ABOUT THIS EXERCISE | Which lines of the entries contain the string "Exchange"? Please find them and copy them.

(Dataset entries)
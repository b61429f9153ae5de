// `cycc check --warn`.

use crate::files::{bytes_of, file_fault, print};
use command_line::shown;
use command_line::status::{MEMORY, REFUSED, SUCCESS, USAGE};
use cyc_lexer::tokens;
use cycc_driver::{CompileFault, front};
use fault_words::push_marked;
use reasons::shown_fault;
use std::alloc::{AllocError, Global};
use std::io::Write;
use warnings::{Placed, warnings_of, with_places};

const HELP: &str = "Checks sources, and warns of what is accepted but surely or likely wrong

Usage: cycc check --warn [--deny] [--why] FILE..

Options:
      --warn  Prints warnings on standard error, each as FILE:LINE:COLUMN: warning: NAME: WORDS
      --deny  Prints them too, and answers status 8 where there is one
      --why   Prints the line of each warning too, and what to write instead; of a fault what `check --why` prints
  -h, --help  Print help

A comment `// allow: NAME` at the end of the line or on the line before silences a warning.
";

/// What is asked for: whether a warning is a fault, whether more than its line is said, and how many bytes the first part of the source has,
/// where it has several.
#[derive(Clone, Copy)]
struct Asked {
    denies: bool,
    shows_why: bool,
    own: u32,
}

/// What is asked for with one more option; none, where there is no such option.
fn with_option(asked: Asked, word: &str) -> Option<Asked> {
    match word {
        "--warn" => Some(asked),
        "--deny" => Some(Asked {
            denies: true,
            ..asked
        }),
        "--why" => Some(Asked {
            shows_why: true,
            ..asked
        }),
        _ => match word.strip_prefix("--own=")?.parse::<u32>() {
            Ok(own) => Some(Asked { own, ..asked }),
            Err(_) => None,
        },
    }
}

/// Whether a word is an option: it begins with `-`, and is more than that.
fn is_option(word: &str) -> bool {
    word.len() > 1 && word.starts_with("-")
}

/// Says that a word is no option, and answers the status.
fn misused(rt: &HostRuntime, word: &str) -> u8 {
    let word = shown(word);
    let _ = eprintln!(rt;
        "error: unexpected argument '{word}' found\n\nusage: cycc check --warn [--deny] [--why] FILE.."
    );
    USAGE
}

/// Says that no file is named, and answers the status.
fn lacks_file(rt: &HostRuntime) -> u8 {
    let _ = eprintln!(rt;
        "error: no FILE is named\n\nusage: cycc check --warn [--deny] [--why] FILE.."
    );
    USAGE
}

/// What the options ask for; the status, where they can't be done or ask for help.
fn asked_by(rt: &HostRuntime, words: &[String]) -> Result<Asked, u8> {
    let mut asked = Asked {
        denies: false,
        shows_why: false,
        own: u32::MAX,
    };
    for word in words {
        let word = word.as_str();
        if word == "--help" || word == "-h" {
            return Err(print(rt, HELP.as_bytes()));
        }
        if is_option(word) {
            match with_option(asked, word) {
                Some(more) => asked = more,
                None => return Err(misused(rt, word)),
            }
        }
    }
    Ok(asked)
}

/// Says that no host memory is left, and answers the status.
fn out_of_memory(rt: &HostRuntime) -> u8 {
    let _ = eprintln!(rt; "out of memory");
    MEMORY
}

/// Says why a source is refused, in more than the fault's line where that is asked for, and answers the status.
fn refuse(
    rt: &HostRuntime,
    path: &str,
    asked: Asked,
    text: &[u8],
    fault: CompileFault,
) -> Result<u8, AllocError> {
    if fault.place().is_none() {
        return Err(AllocError);
    }
    let path = shown(path);
    let more = if asked.shows_why {
        shown_fault(rt.alloc(), text, fault)?
    } else {
        Vec::new(rt.alloc())
    };
    let _ = eprintln!(rt; "{path}:{fault}");
    let _ = rt.stderr().write_all(&more);
    Ok(REFUSED)
}

/// Appends a warning's line, and what else is asked for.
fn push_warning(
    lines: &mut Vec<u8>,
    alloc: Global,
    path: &str,
    asked: Asked,
    placed: &Placed<'_, '_>,
) -> Result<(), AllocError> {
    let path = shown(path);
    let warning = placed.warning;
    let (line, column) = (placed.line, placed.column);
    let kind = warning.kind.name();
    let begin = format!(in alloc; "{path}:{line}:{column}: warning: {kind}: ")?;
    lines.extend_from_slice(begin.as_bytes())?;
    lines.extend_from_slice(warning.name)?;
    lines.extend_from_slice(warning.words.as_bytes())?;
    lines.push(b'\n')?;
    if asked.shows_why {
        push_marked(lines, placed.around, 1, placed.mark)?;
        lines.extend_from_slice(warning.cure.as_bytes())?;
        lines.push(b'\n')?;
    }
    Ok(())
}

/// The lines of the warnings of an accepted source.
fn lines_of(
    alloc: Global,
    path: &str,
    asked: Asked,
    warnings: &[Placed<'_, '_>],
) -> Result<Vec<u8>, AllocError> {
    let mut lines = Vec::new(alloc);
    for placed in warnings {
        push_warning(&mut lines, alloc, path, asked, placed)?;
    }
    Ok(lines)
}

/// Warns of what a source has, and answers the status.
fn warn(rt: &HostRuntime, path: &str, asked: Asked, text: &[u8]) -> Result<u8, AllocError> {
    let alloc = rt.alloc();
    let checked = match front(alloc, text) {
        Ok(checked) => checked,
        Err(fault) => return refuse(rt, path, asked, text, fault),
    };
    let Ok(tokens) = tokens(alloc, text) else {
        return Err(AllocError);
    };
    let found = warnings_of(alloc, checked.program(), asked.own)?;
    let warnings = with_places(alloc, text, &tokens, &found)?;
    let lines = lines_of(alloc, path, asked, &warnings)?;
    let _ = rt.stderr().write_all(&lines);
    if asked.denies && !warnings.is_empty() {
        return Ok(REFUSED);
    }
    Ok(print(rt, b"accepted\n"))
}

/// Checks a file, and answers the status.
fn check_file(rt: &HostRuntime, path: &str, asked: Asked) -> u8 {
    let text = match bytes_of(rt, path) {
        Ok(text) => text,
        Err(error) => return file_fault(rt, "read", path, &error),
    };
    match warn(rt, path, asked, &text) {
        Ok(status) => status,
        Err(AllocError) => out_of_memory(rt),
    }
}

/// Does what the words after `check` say, and answers the highest status of all files.
pub(crate) fn run(rt: &HostRuntime, words: &[String]) -> u8 {
    let asked = match asked_by(rt, words) {
        Ok(asked) => asked,
        Err(status) => return status,
    };
    let mut status = SUCCESS;
    let mut has_files = false;
    for word in words {
        if !is_option(word.as_str()) {
            has_files = true;
            status = status.max(check_file(rt, word.as_str(), asked));
        }
    }
    if has_files { status } else { lacks_file(rt) }
}
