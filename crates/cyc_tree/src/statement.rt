// Statements, and the declarations among them.

ghost use Rattle.std.specs.Prelude.{◌≡◌};

use crate::expression::Expression;
use crate::name::{Name, RegionName, TypeName};

/// What a local begins with.
#[derive(Drop)]
pub enum Initializer {
    /// The beginning of its type.
    None,
    /// An array with this number of elements.
    Array(u32),
    /// A value.
    Value(Expression),
}

/// A declaration in a block. A number that comes first is the place of its first token.
pub enum Declaration {
    /// A local variable or array.
    Local(TypeName, Name, Initializer),
    /// `` region<`r> h; ``: the region and its handle.
    Region(u32, RegionName, Name),
    /// `` region<`r> h = open(k); ``: the region, its handle and the key.
    Open(u32, RegionName, Name, Name),
    /// `` let alias<`r> T x = p; ``: the region, the type, the alias and the pointer.
    Alias(u32, RegionName, TypeName, Name, Name),
    /// `` let NewDynamicRegion{<`r> k} = new_ukey(); ``: the region and its key.
    NewKey(u32, RegionName, Name),
}

// Written out, so that a caller's proof sees one call and not the drop of each field.
impl Drop for Declaration {
    fn drop(self) {
        match self {
            Declaration::Local(_of, _name, _initializer) => {}
            Declaration::Region(_, _region, _name) | Declaration::NewKey(_, _region, _name) => {}
            Declaration::Open(_, _region, _name, _key) => {}
            Declaration::Alias(_, _region, _of, _name, _source) => {}
        }
    }
}

/// A statement. A number that comes first is the place of its first token.
#[cycle(statement)]
pub enum Statement {
    /// `;`
    Empty(u32),
    /// A block.
    Block(u32, Vec<BlockItem>),
    /// An expression that is evaluated and discarded.
    Run(Expression),
    /// `:=:` between two places.
    Exchange(Box<Expression>, Box<Expression>),
    /// An `if` with no `else`.
    If(u32, Expression, Box<Statement>),
    /// An `if` with its `else`.
    IfElse(u32, Expression, Box<Statement>, Box<Statement>),
    While(u32, Expression, Box<Statement>),
    /// A `switch` on a union's place, with its clauses.
    Switch(u32, Expression, Vec<Clause>),
    Break(u32),
    Continue(u32),
    /// A `return` with its result, where it has one.
    Return(u32, Option<Expression>),
    /// `ufree` of a local.
    FreeUnique(u32, Name),
    /// `free_ukey` of a local.
    FreeKey(u32, Name),
}

/// What stands in a block.
#[cycle(statement)]
pub enum BlockItem {
    Declare(Box<Declaration>),
    Execute(Statement),
}

/// Which members a clause takes.
pub enum Pattern {
    /// A member, whose value the name stands for.
    Case(Name, Name),
    /// All members that no other clause names.
    Default,
}

// Written out, so that a caller's proof sees one call and not the drop of each field.
impl Drop for Pattern {
    fn drop(self) {
        match self {
            Pattern::Case(_member, _name) => {}
            Pattern::Default => {}
        }
    }
}

/// A clause of a `switch`: where it stands, its pattern, and what it does.
#[cycle(statement)]
pub struct Clause {
    pub at: u32,
    pub pattern: Pattern,
    pub body: Vec<BlockItem>,
}

// Written out, so that a caller's proof sees one call and not the drop of each field.
impl Drop for Clause {
    #[cycle(statement)]
    fn drop(self) {
        let Clause {
            at: _,
            pattern: _pattern,
            body: _body,
        } = self;
    }
}

// Written out, so that a caller's proof sees one call and not the drop of each field.
impl Drop for Statement {
    #[cycle(statement)]
    fn drop(self) {
        match self {
            Statement::Empty(_) | Statement::Break(_) | Statement::Continue(_) => {}
            Statement::Block(_, _items) => {}
            Statement::Run(_value) => {}
            Statement::Exchange(_left, _right) => {}
            Statement::If(_, _condition, _body) => {}
            Statement::IfElse(_, _condition, _body, _otherwise) => {}
            Statement::While(_, _condition, _body) => {}
            Statement::Switch(_, _place, _clauses) => {}
            Statement::Return(_, _value) => {}
            Statement::FreeUnique(_, _name) | Statement::FreeKey(_, _name) => {}
        }
    }
}

// Written out, so that a caller's proof sees one call and not the drop of each field.
impl Drop for BlockItem {
    #[cycle(statement)]
    fn drop(self) {
        match self {
            BlockItem::Declare(_declaration) => {}
            BlockItem::Execute(_statement) => {}
        }
    }
}

impl Declaration {
    ghost use Rattle.cyc_tree.specs.Tree.{local_of};
    ghost use Rattle.cyc_tree.specs.View.{declaration_tree, name_tree};
    ghost use Rattle.cyc_tree.specs.Places.{declaration_place};

    /// The place of its first token.
    pub fn place(&self) -> u32
        ensures { result ≡ declaration_place (declaration_tree self.now) }
    {
        match self {
            Declaration::Local(of, _, _) => of.at,
            Declaration::Region(at, _, _)
            | Declaration::Open(at, _, _, _)
            | Declaration::Alias(at, _, _, _, _)
            | Declaration::NewKey(at, _, _) => *at,
        }
    }

    /// The local that it declares.
    pub fn local(&self) -> &Name
        ensures { name_tree result.now ≡ local_of (declaration_tree self.now) }
    {
        match self {
            Declaration::Local(_, name, _)
            | Declaration::Region(_, _, name)
            | Declaration::Open(_, _, name, _)
            | Declaration::Alias(_, _, _, name, _)
            | Declaration::NewKey(_, _, name) => name,
        }
    }
}

impl Statement {
    ghost use Rattle.cyc_tree.specs.View.{statement_tree};
    ghost use Rattle.cyc_tree.specs.Places.{statement_place};

    /// The place of its first token.
    pub fn place(&self) -> u32
        ensures { result ≡ statement_place (statement_tree self.now) }
    {
        match self {
            Statement::Empty(at)
            | Statement::Block(at, _)
            | Statement::If(at, _, _)
            | Statement::IfElse(at, _, _, _)
            | Statement::While(at, _, _)
            | Statement::Switch(at, _, _)
            | Statement::Break(at)
            | Statement::Continue(at)
            | Statement::Return(at, _)
            | Statement::FreeUnique(at, _)
            | Statement::FreeKey(at, _) => *at,
            Statement::Run(first) => first.place(),
            Statement::Exchange(first, _) => first.place(),
        }
    }
}
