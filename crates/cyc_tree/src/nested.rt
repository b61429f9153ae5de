// How deep the phrases of a program nest.

ghost use Rattle.std.specs.Prelude.{◌≡◌, ◌-◌, ◌^◌, min, map};
ghost use Rattle.cyc_tree.specs.View.{expression_tree, expressions_of, link_tree, links_of, suffix_tree, suffixes_of, made_tree, initializer_tree};
ghost use Rattle.cyc_tree.specs.View.{declaration_tree, statement_tree, item_tree, items_of, clause_tree, clauses_of, program_item_tree};
ghost use Rattle.cyc_tree.specs.Depths.{inner_starts, expression_starts, argument_starts, operand_starts, link_starts, suffix_starts, made_starts};
ghost use Rattle.cyc_tree.specs.Depths.{declaration_starts, statement_starts, items_starts, clauses_starts, item_starts, greatest_depth, nesting};

use crate::expression::{Expression, Link, Made, Suffix};
use crate::item::{Item, Program};
use crate::statement::{BlockItem, Clause, Declaration, Initializer, Statement};

/// The nesting of an expression that itself is not counted.
#[cycle(expressions)]
#[tactic(auto, using(crate::proofs::NestingSteps::in_expressions))]
fn inner_nesting(expression: &Expression) -> u32
    ensures { result ≡ min (greatest_depth (inner_starts 0 (expression_tree expression.now))) (2 ^ 32 - 1) }
{
    match expression {
        Expression::Call(_, arguments) => argument_nesting(arguments).saturating_add(1),
        Expression::MakeUnion(_, _, inner)
        | Expression::NumElts(_, inner)
        | Expression::Grouped(_, inner) => inner_nesting(inner).saturating_add(2),
        Expression::Suffixed(primary, suffixes) => {
            inner_nesting(primary).max(suffix_nesting(suffixes).saturating_add(1))
        }
        Expression::Prefixed(_, _, operand) => inner_nesting(operand).saturating_add(1),
        Expression::New(_, made) => made_nesting(made).saturating_add(1),
        Expression::NewIn(_, handle, made) => expression_nesting(handle)
            .max(made_nesting(made))
            .saturating_add(1),
        Expression::Chain(first, others) => inner_nesting(first).max(link_nesting(others)),
        Expression::AllOf(first, others) | Expression::AnyOf(first, others) => {
            inner_nesting(first).max(operand_nesting(others))
        }
        Expression::Assign(place, value) => inner_nesting(place).max(expression_nesting(value)),
        _ => 1,
    }
}

/// The nesting of a whole expression.
#[cycle(expressions)]
#[tactic(auto, using(crate::proofs::NestingSteps::in_expressions))]
fn expression_nesting(expression: &Expression) -> u32
    ensures { result ≡ min (greatest_depth (expression_starts 0 (expression_tree expression.now))) (2 ^ 32 - 1) }
{
    inner_nesting(expression).saturating_add(1)
}

/// The nesting of arguments.
#[cycle(expressions)]
#[tactic(auto, using(crate::proofs::NestingSteps::in_expressions))]
fn argument_nesting(arguments: &[Expression]) -> u32
    ensures { result ≡ min (greatest_depth (argument_starts 0 (expressions_of (map expression_tree arguments.now)))) (2 ^ 32 - 1) }
{
    let mut greatest = 0;
    'each: for argument in arguments {
        greatest = greatest.max(expression_nesting(argument));
    }
    greatest
}

/// The nesting of operands.
#[cycle(expressions)]
#[tactic(auto, using(crate::proofs::NestingSteps::in_expressions))]
fn operand_nesting(operands: &[Expression]) -> u32
    ensures { result ≡ min (greatest_depth (operand_starts 0 (expressions_of (map expression_tree operands.now)))) (2 ^ 32 - 1) }
{
    let mut greatest = 0;
    'each: for operand in operands {
        greatest = greatest.max(inner_nesting(operand));
    }
    greatest
}

/// The nesting of the operands of a chain after the first.
#[cycle(expressions)]
#[tactic(auto, using(crate::proofs::NestingSteps::in_expressions))]
fn link_nesting(links: &[Link]) -> u32
    ensures { result ≡ min (greatest_depth (link_starts 0 (links_of (map link_tree links.now)))) (2 ^ 32 - 1) }
{
    let mut greatest = 0;
    'each: for link in links {
        greatest = greatest.max(inner_nesting(&link.operand));
    }
    greatest
}

/// The nesting of what stands after a primary.
#[cycle(expressions)]
#[tactic(auto, using(crate::proofs::NestingSteps::in_expressions))]
fn suffix_nesting(suffixes: &[Suffix]) -> u32
    ensures { result ≡ min (greatest_depth (suffix_starts 0 (suffixes_of (map suffix_tree suffixes.now)))) (2 ^ 32 - 1) }
{
    let mut greatest = 0;
    'each: for suffix in suffixes {
        if let Suffix::Index(index) = suffix {
            greatest = greatest.max(expression_nesting(index));
        }
    }
    greatest
}

/// The nesting of what `new` and `rnew` make.
#[cycle(expressions)]
#[tactic(auto, using(crate::proofs::NestingSteps::in_expressions))]
fn made_nesting(made: &Made) -> u32
    ensures { result ≡ min (greatest_depth (made_starts 0 (made_tree made.now))) (2 ^ 32 - 1) }
{
    match made {
        Made::One(value) => inner_nesting(value),
        Made::Array(_, count, element) => expression_nesting(count).max(expression_nesting(
            element,
        )),
    }
}

/// The nesting of a declaration.
fn declaration_nesting(declaration: &Declaration) -> u32
    ensures { result ≡ min (greatest_depth (declaration_starts 0 (declaration_tree declaration.now))) (2 ^ 32 - 1) }
{
    match declaration {
        Declaration::Local(_, _, Initializer::Value(value)) => expression_nesting(value),
        _ => 0,
    }
}

/// The nesting of a statement.
#[cycle(statements)]
#[tactic(auto, using(crate::proofs::NestingSteps::in_statements))]
fn statement_nesting(statement: &Statement) -> u32
    ensures { result ≡ min (greatest_depth (statement_starts 0 (statement_tree statement.now))) (2 ^ 32 - 1) }
{
    match statement {
        Statement::Block(_, items) => items_nesting(items).saturating_add(1),
        Statement::Run(value) => expression_nesting(value).saturating_add(1),
        Statement::Return(_, value) => match value {
            Some(value) => expression_nesting(value).saturating_add(1),
            None => 1,
        },
        Statement::Exchange(left, right) => expression_nesting(left)
            .max(expression_nesting(right))
            .saturating_add(1),
        Statement::If(_, condition, body) | Statement::While(_, condition, body) => {
            expression_nesting(condition)
                .max(statement_nesting(body))
                .saturating_add(1)
        }
        Statement::IfElse(_, condition, body, otherwise) => expression_nesting(condition)
            .max(statement_nesting(body))
            .max(statement_nesting(otherwise))
            .saturating_add(1),
        Statement::Switch(_, place, clauses) => expression_nesting(place)
            .max(clauses_nesting(clauses))
            .saturating_add(1),
        _ => 1,
    }
}

/// The nesting of a block's items.
#[cycle(statements)]
#[tactic(auto, using(crate::proofs::NestingSteps::in_statements))]
fn items_nesting(items: &[BlockItem]) -> u32
    ensures { result ≡ min (greatest_depth (items_starts 0 (items_of (map item_tree items.now)))) (2 ^ 32 - 1) }
{
    let mut greatest = 0;
    'each: for item in items {
        let own = match item {
            BlockItem::Declare(declaration) => declaration_nesting(declaration),
            BlockItem::Execute(statement) => statement_nesting(statement),
        };
        greatest = greatest.max(own);
    }
    greatest
}

/// The nesting of the clauses of a `switch`.
#[cycle(statements)]
#[tactic(auto, using(crate::proofs::NestingSteps::in_statements))]
fn clauses_nesting(clauses: &[Clause]) -> u32
    ensures { result ≡ min (greatest_depth (clauses_starts 0 (clauses_of (map clause_tree clauses.now)))) (2 ^ 32 - 1) }
{
    let mut greatest = 0;
    'each: for clause in clauses {
        greatest = greatest.max(items_nesting(&clause.body));
    }
    greatest
}

/// The nesting of an item.
fn item_nesting(item: &Item) -> u32
    ensures { result ≡ min (greatest_depth (item_starts (program_item_tree item.now))) (2 ^ 32 - 1) }
{
    match item {
        Item::Function(function) => items_nesting(&function.body),
        _ => 0,
    }
}

/// How deep the phrases of a program nest: how many statements, expressions and unary expressions contain
/// the token that the most of them contain. Where there are more than 4,294,967,295 of them, that number.
pub fn nesting(program: &Program) -> u32
    ensures { result ≡ min (nesting program.now) (2 ^ 32 - 1) }
{
    let mut greatest = 0;
    'each: for item in program.items() {
        greatest = greatest.max(item_nesting(item));
    }
    greatest
}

ANSWER TO THIS TASK |
    Exchange(Box<Expression>, Box<Expression>),
            Statement::Exchange(_left, _right) => {}
            Statement::Exchange(first, _) => first.place(),
        Statement::Exchange(left, right) => expression_nesting(left)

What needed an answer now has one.